Ron T. Gansevoort, Kunihiro Matsushita, Marije van der Velde … (2011)

Both a low estimated glomerular filtration rate (eGFR) and albuminuria are known risk factors for end-stage renal disease (ESRD). To determine their joint contribution to ESRD and other kidney outcomes, we performed a meta-analysis of nine general population cohorts with 845,125 participants and an additional eight cohorts with 173,892 patients, the latter selected because of their high risk for chronic kidney disease (CKD).
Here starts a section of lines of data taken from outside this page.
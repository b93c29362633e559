//! Runs that save nothing: the files that they read, which are those of one moment, and how a run would end that saves.

use crate::progress::run_told;
use crate::screens::rehearse_shown;
use crate::shown::{Audience, Progress, why_hindered};
use crate::{first_failed, no_memory, print_bytes, refuse, report, settle, tell_unfinished};
use file_access::{FILE_LIMIT, Files};
use file_commands::{Refusal, Status};
use folder_files::{FileSum, Folder, Hindrance, Nobody, RealEnd, SeenFolder, Unseen, real_end};
use run_commands::{Job, Rehearsal};
use std::alloc::{AllocError, Global};
use std::cell::RefCell;
use std::fs::File;
use std::rt::Runtime;
use std::time::Duration;
use std::{str, thread};
use xcode::decode;

/// What to do about a long filter.
const LONG_FILTER: &str =
    "the budget counts a step for each record that a filter is asked of, whatever its length; timeout bounds the time";

/// The name of the file of a table or an index.
fn file_name(alloc: Global, name: &[u8], ending: &str) -> Result<String, AllocError> {
    let name = str::from_utf8(name).unwrap_or("");
    format!(in alloc; "{name}{ending}")
}

/// The files of the tables and indexes that a code declares, those of tables first; none if the bytes aren't a code's.
fn files_declared(alloc: Global, code: &[u8]) -> Result<Vec<String>, AllocError> {
    let mut names = Vec::new(alloc);
    let Ok(code) = decode(alloc, code) else {
        return Ok(names);
    };
    let shape = &code.code().declared.shape;
    let tables = shape.tables.len();
    for file in 0..tables.saturating_add(shape.indexes.len()) {
        let name = match file.checked_sub(tables) {
            None => file_name(alloc, shape.tables.get(file).name.as_slice(), ".DBF")?,
            Some(index) => file_name(alloc, shape.indexes.get(index).name.as_slice(), ".NDX")?,
        };
        names.push(name)?;
    }
    Ok(names)
}

/// What a code's file holds, if it can be read.
fn code_bytes<R: Runtime<A = Global, File = File>>(rt: &R, code: &str) -> Option<Vec<u8>> {
    Folder::new(rt, Nobody)
        .read(rt.alloc(), code, FILE_LIMIT)
        .ok()
}

/// The files that the code in a file declares, those of tables first; none if no code can be read.
pub fn declared_files<R: Runtime<A = Global, File = File>>(
    rt: &R,
    code: &str,
) -> Result<Vec<String>, AllocError> {
    match code_bytes(rt, code) {
        Some(bytes) => files_declared(rt.alloc(), bytes.as_slice()),
        None => Ok(Vec::new(rt.alloc())),
    }
}

/// The names as they are borrowed, after a first one.
fn lent<'n>(
    alloc: Global,
    first: &'n str,
    names: &'n [String],
) -> Result<Vec<&'n str>, AllocError> {
    let mut all = Vec::with_capacity(alloc, names.len().saturating_add(1))?;
    all.push(first)?;
    for name in names {
        all.push(name.as_str())?;
    }
    Ok(all)
}

/// Tells on standard error why no files of one moment could be read.
fn tell_unseen(rt: &impl Runtime, audience: Audience, unseen: &Unseen) -> Status {
    match unseen {
        Unseen::Changing { name } => {
            let status = refuse(
                rt,
                audience,
                Refusal::Disk {
                    name: name.as_str(),
                },
            );
            if audience.person {
                let _ = eprintln!(rt; "  other programs keep changing this file; try again later.");
            }
            status
        }
        Unseen::Memory => no_memory(rt),
    }
}

/// How often the files are read, at most: once, and three times more.
const TRIES: u32 = 4;

/// The milliseconds between two tries.
const PAUSE: u64 = 100;

/// Reads a code, and the tables and indexes that it declares, at one moment. A committed save is finished first; one
/// that can't be finished is read as it was left.
fn seen_once<'a, R: Runtime<A = Global, File = File>>(
    rt: &'a R,
    audience: Audience,
    code: &str,
    sums: Option<&'a RefCell<Vec<FileSum>>>,
) -> Result<SeenFolder<'a, R, Progress<'a, R>>, Unseen> {
    let cut = settle(rt, audience);
    let bytes = code_bytes(rt, code);
    let bytes = bytes.as_ref().map(|bytes| bytes.as_slice());
    let names = files_declared(rt.alloc(), bytes.unwrap_or(&[]))?;
    let names = lent(rt.alloc(), code, names.as_slice())?;
    let folder = Folder::new(rt, Progress { rt, audience, sums });
    let seen = SeenFolder::new(folder, names.as_slice(), cut)?;
    if seen.first_held(bytes) {
        return Ok(seen);
    }
    // the code was compiled again, and may declare other files now
    let name = String::from_str(rt.alloc(), code)?;
    Err(Unseen::Changing { name })
}

/// The folder of a run that saves nothing: the files of a code, its tables and indexes are those of one moment. Where
/// another program changes one meanwhile, all are read again. Their checksums are noted where that is asked for.
pub fn seen_folder<'a, R: Runtime<A = Global, File = File>>(
    rt: &'a R,
    audience: Audience,
    code: &str,
    sums: Option<&'a RefCell<Vec<FileSum>>>,
) -> Result<SeenFolder<'a, R, Progress<'a, R>>, Status> {
    let mut unseen = Unseen::Memory;
    for _ in 0..TRIES {
        match seen_once(rt, audience, code, sums) {
            Ok(seen) => return Ok(seen),
            Err(Unseen::Memory) => return Err(no_memory(rt)),
            Err(found) => unseen = found,
        }
        thread::sleep(rt, Duration::from_millis(PAUSE));
    }
    Err(tell_unseen(rt, audience, &unseen))
}

/// Tells on standard error how a run would end that saves, if something here would keep it from saving.
fn tell_end_of_run<R: Runtime<A = Global, File = File>>(
    rt: &R,
    audience: Audience,
    end: &RealEnd<'_>,
) {
    let _ = eprint!(rt; "a run would end: ");
    match end {
        RealEnd::Disk { name, why } => {
            let _ = eprintln!(rt; "disk {name}");
            tell_unread(rt, audience, Some(*why));
        }
        RealEnd::Unfinished(unfinished) => {
            let _ = tell_unfinished(rt, audience, unfinished);
        }
    }
}

/// Tells on standard error how a run of this code would end that saves, if something here would keep it from saving.
fn tell_real_end<R: Runtime<A = Global, File = File>>(rt: &R, audience: Audience, code: &str) {
    let Ok(names) = declared_files(rt, code) else {
        return;
    };
    let Ok(names) = lent(rt.alloc(), code, names.as_slice()) else {
        return;
    };
    let Some((_, saved)) = names.as_slice().split_first() else {
        return;
    };
    if let Ok(Some(end)) = real_end(rt, saved) {
        tell_end_of_run(rt, audience, &end);
    }
}

/// Tells on standard error why a file of a run that saves nothing wasn't read, where a person is told of it.
pub fn tell_unread(rt: &impl Runtime, audience: Audience, hindrance: Option<Hindrance>) {
    if let Some(why) = hindrance
        && audience.person
    {
        let _ = eprintln!(rt; "  {}.", why_hindered(why));
    }
}

/// Runs any code on the checking machine, and saves nothing.
pub fn run_tested<R: Runtime<A = Global, File = File>>(
    rt: &R,
    audience: Audience,
    job: &Job<'_>,
) -> Status {
    match seen_folder(rt, audience, job.name, None) {
        Ok(mut seen) => {
            let done = run_told(rt, audience, &mut seen, job);
            report(rt, audience, job.name, &done)
        }
        Err(status) => status,
    }
}

/// Runs the code, saves nothing, and tells what a run would have saved.
pub fn rehearse<R: Runtime<A = Global, File = File>>(
    rt: &R,
    audience: Audience,
    job: &Job<'_>,
    screens: Option<&str>,
) -> Status {
    let mut seen = match seen_folder(rt, audience, job.name, None) {
        Ok(seen) => seen,
        Err(status) => return status,
    };
    match rehearse_shown(rt, audience, &mut seen, job, screens) {
        Ok(done) => tell_rehearsed(rt, audience, job.name, &done),
        Err(status) => {
            tell_unread(rt, audience, seen.hindrance());
            status
        }
    }
}

/// Reports on standard error what a run would have saved, and what would have kept it from that. A person is told how
/// to bound the time of a run whose filters are long.
pub fn report_rehearsal<R: Runtime<A = Global, File = File>>(
    rt: &R,
    audience: Audience,
    code: &str,
    done: &Rehearsal,
) {
    let _ = eprint!(rt; "{done}");
    if audience.person && done.has_long_filter() {
        let _ = eprintln!(rt; "  {LONG_FILTER}.");
    }
    tell_real_end(rt, audience, code);
}

/// Prints the rows of a rehearsal, and reports what a run would have saved and how it ended.
fn tell_rehearsed<R: Runtime<A = Global, File = File>>(
    rt: &R,
    audience: Audience,
    code: &str,
    done: &Rehearsal,
) -> Status {
    let printed = print_bytes(rt, audience, done.rows.as_slice());
    report_rehearsal(rt, audience, code, done);
    let _ = eprintln!(rt; "{}", done.ended);
    first_failed(printed, done.ended.status())
}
In the general population, the risk for ESRD was unrelated to eGFR at values between 75 and 105 ml/min per 1.73 m(2) but increased exponentially at lower levels. Hazard ratios for eGFRs averaging 60, 45, and 15 were 4, 29, and 454, respectively, compared with an eGFR of 95, after adjustment for albuminuria and cardiovascular risk factors. Log albuminuria was linearly associated with log ESRD risk without thresholds. Adjusted hazard ratios at albumin-to-creatinine ratios of 30, 300, and 1000 mg/g were 5, 13, and 28, respectively, compared with an albumin-to-creatinine ratio of 5. Albuminuria and eGFR were associated with ESRD, without evidence for multiplicative interaction. Similar associations were found for acute kidney injury and progressive CKD. In high-risk cohorts, the findings were generally comparable. Thus, lower eGFR and higher albuminuria are risk factors for ESRD, acute kidney injury and progressive CKD in both general and high-risk populations, independent of each other and of cardiovascular risk factors.